//! The heap and the object graph as a listing shows them: as lines, as what has changed, and as objects of JSON.
#![tactic(auto)]

mod changes;
mod graph;
mod heap;
mod heap_objects;

pub use changes::Change;
pub use graph::{json_graph, put_graph};
pub use heap::put_heap;
pub use heap_objects::json_heap;
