//! Packs the objects of an image that were found.

ghost use Rattle.std.specs.Prelude.{ℕ, ◌≡◌, ◌+◌, ◌<◌, ◌≤◌, ◌⊎◌, length, slice_index};
ghost use Rattle.heap_words.specs.Words.{Top, word_at, table_words, heap_size, heap_start, heap_in};
ghost use Rattle.regions.specs.Tops.{top_before};
ghost use Rattle.regions.specs.Slide.{IsSlidTo, renewed};
ghost use Rattle.regions.specs.Table.{word_of, kept_of, now_of, LeadsToKept, CanCompact, IsRenewedBy, IsInTable, from_table};
ghost use Rattle.image_graph.specs.Pinned.{pinned_set, is_row_pinned};
ghost use Rattle.regions.specs.Places.{is_shut};
ghost use Rattle.image_graph.specs.State.{config_of, words_of, memory_of, marks_of, found_of, places_of};
ghost use Rattle.image_graph.specs.PackedTable.{IsPacked};

use crate::image::Image;
use crate::sets::with_if;
use heap_words::Config;
use regions::{compact_marked, renew};

// Packs the marked objects of a table around the regions that are shut. `marks` and `places` have an entry for each word of the heap.
fn pack_words(config: Config, shut: u64, marks: &[bool], words: &mut [u64], places: &mut [u64])
    requires table { length words.old ≡ table_words config }
    requires places { length places.old ≡ heap_size config }
    requires compact { CanCompact config.region_words (heap_in config words.old) marks.now }
    ensures { IsPacked config (is_shut shut) marks.now words.old words.new places.new }
{
    let top = config.top_at(0);
    let (low, behind) = words.split_at_mut(config.heap_start());
    let (heap, _) = behind.split_at_mut(config.heap_size());
    let tops = &mut low[top..top + config.regions()];
    compact_marked(
        config.region_words() as u64,
        shut,
        marks,
        heap,
        places,
        tops,
    );
}

impl Image {
    // The set of the regions that are pinned.
    fn pinned_set(&self) -> u64
        ensures { result ≡ pinned_set (config_of self.now) (memory_of self.now) }
    {
        let mut set = 0u64;
        for region in 0..self.config.regions() {
            set = with_if(set, region, self.is_pinned(region));
        }
        set
    }

    /// Packs the objects that were found: each goes to its new place, in the order of addresses, with its references
    /// renewed, and the tops follow. In pinned regions objects stay where they are, and so do the tops. No other word changes.
    pub fn pack_found(&mut self)
        requires { CanCompact (config_of self.old).region_words (heap_in (config_of self.old) (words_of self.old)) (marks_of self.old) }
        ensures config { config_of self.new ≡ config_of self.old }
        ensures found { found_of self.new ≡ found_of self.old }
        ensures marks { marks_of self.new ≡ marks_of self.old }
        ensures packed { IsPacked (config_of self.old) (is_row_pinned (config_of self.old) (memory_of self.old)) (marks_of self.old) (words_of self.old) (words_of self.new) (places_of self.new) }
    {
        let shut = self.pinned_set();
        pack_words(
            self.config,
            shut,
            &self.marks,
            &mut self.words,
            &mut self.places,
        );
    }

    /// What a word becomes that led to an object that was packed: the address of the object's new place, and null, 0, for
    /// null.
    pub fn renewed(&self, word: u64) -> u64
        requires { IsInTable (config_of self.now).region_words (places_of self.now) word }
        ensures { result ≡ from_table (config_of self.now).region_words (places_of self.now) word }
    {
        renew(self.config.region_words() as u64, &self.places, word)
    }
}
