//! What is left of the buffers of seats once they are settled, or let go, word by word: laws, as theorems and no code.

ghost use Rattle.std.specs.Prelude.{ℕ};
ghost use Rattle.heap_words.specs.declared.config.Config.{Config};
ghost use Rattle.heap_words.specs.Words.{Word};
ghost use Rattle.image_graph.specs.BufferLaws.{SettlingLeaves, LettingGoLeaves, EdgesLie};

/// A law: after settling each buffer ends at the top of its region, and no top has changed.
pub fn settling_leaves()
    ensures { (config : Config) (memory : Word → ℕ) → SettlingLeaves config memory }
{}

/// A law: after letting go nobody has a buffer.
pub fn letting_go_leaves()
    ensures { (config : Config) (memory : Word → ℕ) → LettingGoLeaves config memory }
{}

/// A law: a region's edge lies neither above its top nor above the free words of a buffer that ends there.
pub fn edges_lie()
    ensures { (config : Config) (memory : Word → ℕ) (region : ℕ) → EdgesLie config memory region }
{}
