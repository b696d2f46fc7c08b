//! All words of a heap in a pause: the image that a pause works on while no machine of the heap makes a step. And what a pause makes of
//! these words, by their names, of the buffers of seats, and in a full collection of all: that they represent the same graph afterwards,
//! and who waits is answered.
//!
//! Whether the words of an image stand for a graph, told by looking at all of them: the check that collectors call a heap
//! verifier. It is for images that are built word by word, in tests and measurements of collections.
#![tactic(auto)]

pub mod buffer_laws;
mod buffers;
pub mod buffers_kept;
mod check;
mod found;
pub mod full_laws;
mod image;
pub mod image_laws;
mod kept;
mod leftovers;
mod objects;
mod pack;
mod rest;
mod serve;
mod sets;

pub use check::stands;
pub use image::Image;
pub use leftovers::Leftover;
pub use sets::with_if;
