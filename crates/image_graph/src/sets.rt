//! Sets of regions, as they are put together.

ghost use Rattle.std.specs.Prelude.{◌≡◌, ◌+◌, ◌*◌, ◌^◌, ◌<◌, if◌then◌else◌};

/// A set of regions below one, with that one besides if it is to be a member.
pub fn with_if(set: u64, region: usize, member: bool) -> u64
    requires region { region < 64 }
    requires below { set < 2 ^ region }
    ensures { result ≡ (if member then 1 else 0) * 2 ^ region + set }
{
    if member { set | 1 << region } else { set }
}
☆ ☆ ☆ ☆ ☆
> _Exercise description_
The result should be every line that contains "check", copied from the entries.

> _Your solution_
//! Whether the words of an image stand for a graph, told by looking at all of them: the check that collectors call a heap
mod check;
pub use check::stands;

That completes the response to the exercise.